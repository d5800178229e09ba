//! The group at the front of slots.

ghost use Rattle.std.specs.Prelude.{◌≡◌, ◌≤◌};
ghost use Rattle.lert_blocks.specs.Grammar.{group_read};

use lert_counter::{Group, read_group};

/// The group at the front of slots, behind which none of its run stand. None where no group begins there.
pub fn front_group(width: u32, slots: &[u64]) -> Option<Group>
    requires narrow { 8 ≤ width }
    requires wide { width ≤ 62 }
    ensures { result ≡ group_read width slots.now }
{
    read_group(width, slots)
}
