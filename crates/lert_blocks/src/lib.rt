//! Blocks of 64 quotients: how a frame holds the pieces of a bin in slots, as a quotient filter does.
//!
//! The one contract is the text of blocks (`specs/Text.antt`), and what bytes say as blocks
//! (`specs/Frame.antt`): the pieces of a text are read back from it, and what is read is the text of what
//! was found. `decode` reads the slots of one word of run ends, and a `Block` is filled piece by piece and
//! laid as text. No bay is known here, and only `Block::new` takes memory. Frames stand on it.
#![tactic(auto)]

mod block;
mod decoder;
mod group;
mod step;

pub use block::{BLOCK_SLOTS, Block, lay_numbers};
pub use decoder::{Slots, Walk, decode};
...
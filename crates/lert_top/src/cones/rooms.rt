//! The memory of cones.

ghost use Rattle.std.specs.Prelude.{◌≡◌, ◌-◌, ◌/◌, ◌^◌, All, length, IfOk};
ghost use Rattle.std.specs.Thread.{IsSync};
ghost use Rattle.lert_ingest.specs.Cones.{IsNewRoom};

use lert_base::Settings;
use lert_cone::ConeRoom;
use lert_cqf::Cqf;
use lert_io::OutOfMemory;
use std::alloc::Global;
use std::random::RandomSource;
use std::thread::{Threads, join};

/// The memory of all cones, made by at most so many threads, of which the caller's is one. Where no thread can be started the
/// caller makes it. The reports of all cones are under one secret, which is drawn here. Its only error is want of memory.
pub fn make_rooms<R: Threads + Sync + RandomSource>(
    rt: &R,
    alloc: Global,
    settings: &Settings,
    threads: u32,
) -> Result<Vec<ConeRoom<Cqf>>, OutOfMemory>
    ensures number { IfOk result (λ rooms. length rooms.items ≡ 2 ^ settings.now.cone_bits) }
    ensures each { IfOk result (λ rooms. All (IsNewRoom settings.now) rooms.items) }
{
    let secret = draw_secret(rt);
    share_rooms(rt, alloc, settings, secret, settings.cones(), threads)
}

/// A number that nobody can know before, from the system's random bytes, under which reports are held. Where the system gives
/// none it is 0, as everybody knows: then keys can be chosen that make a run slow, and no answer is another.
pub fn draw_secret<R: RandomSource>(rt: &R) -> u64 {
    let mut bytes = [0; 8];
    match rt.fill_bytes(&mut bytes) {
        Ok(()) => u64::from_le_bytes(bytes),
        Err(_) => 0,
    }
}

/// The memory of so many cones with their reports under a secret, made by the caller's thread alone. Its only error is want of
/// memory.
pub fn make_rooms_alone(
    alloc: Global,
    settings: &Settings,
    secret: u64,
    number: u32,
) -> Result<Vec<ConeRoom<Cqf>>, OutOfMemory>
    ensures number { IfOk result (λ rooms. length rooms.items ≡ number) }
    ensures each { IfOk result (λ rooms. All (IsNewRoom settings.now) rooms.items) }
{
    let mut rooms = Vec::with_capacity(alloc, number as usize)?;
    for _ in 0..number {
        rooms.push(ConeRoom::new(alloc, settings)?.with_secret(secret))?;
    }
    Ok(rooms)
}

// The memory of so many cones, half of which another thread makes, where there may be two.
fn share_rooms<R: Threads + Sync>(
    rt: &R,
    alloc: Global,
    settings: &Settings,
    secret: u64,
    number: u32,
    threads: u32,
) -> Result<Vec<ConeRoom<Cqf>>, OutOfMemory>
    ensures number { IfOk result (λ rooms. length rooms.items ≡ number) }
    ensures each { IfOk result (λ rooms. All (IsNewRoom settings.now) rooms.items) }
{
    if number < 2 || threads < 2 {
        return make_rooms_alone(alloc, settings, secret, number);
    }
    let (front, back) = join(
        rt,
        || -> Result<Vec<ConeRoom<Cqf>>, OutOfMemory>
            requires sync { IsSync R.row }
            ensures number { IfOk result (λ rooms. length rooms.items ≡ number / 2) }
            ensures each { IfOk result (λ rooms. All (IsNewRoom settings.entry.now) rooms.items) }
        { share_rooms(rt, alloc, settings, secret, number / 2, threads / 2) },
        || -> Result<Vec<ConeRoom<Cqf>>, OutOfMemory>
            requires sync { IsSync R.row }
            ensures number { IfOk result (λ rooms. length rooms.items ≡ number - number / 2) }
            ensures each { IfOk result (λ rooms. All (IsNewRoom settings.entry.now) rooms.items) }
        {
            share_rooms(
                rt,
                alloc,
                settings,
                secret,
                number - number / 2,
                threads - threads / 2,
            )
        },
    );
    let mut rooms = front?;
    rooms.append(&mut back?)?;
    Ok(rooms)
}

** Goal of the exercise **
When a line in the listing above holds the word "there", copy it.

** Answer below **
/// The group at the front of slots, behind which none of its run stand. None where no group begins there.
// The memory of so many cones, half of which another thread makes, where there may be two.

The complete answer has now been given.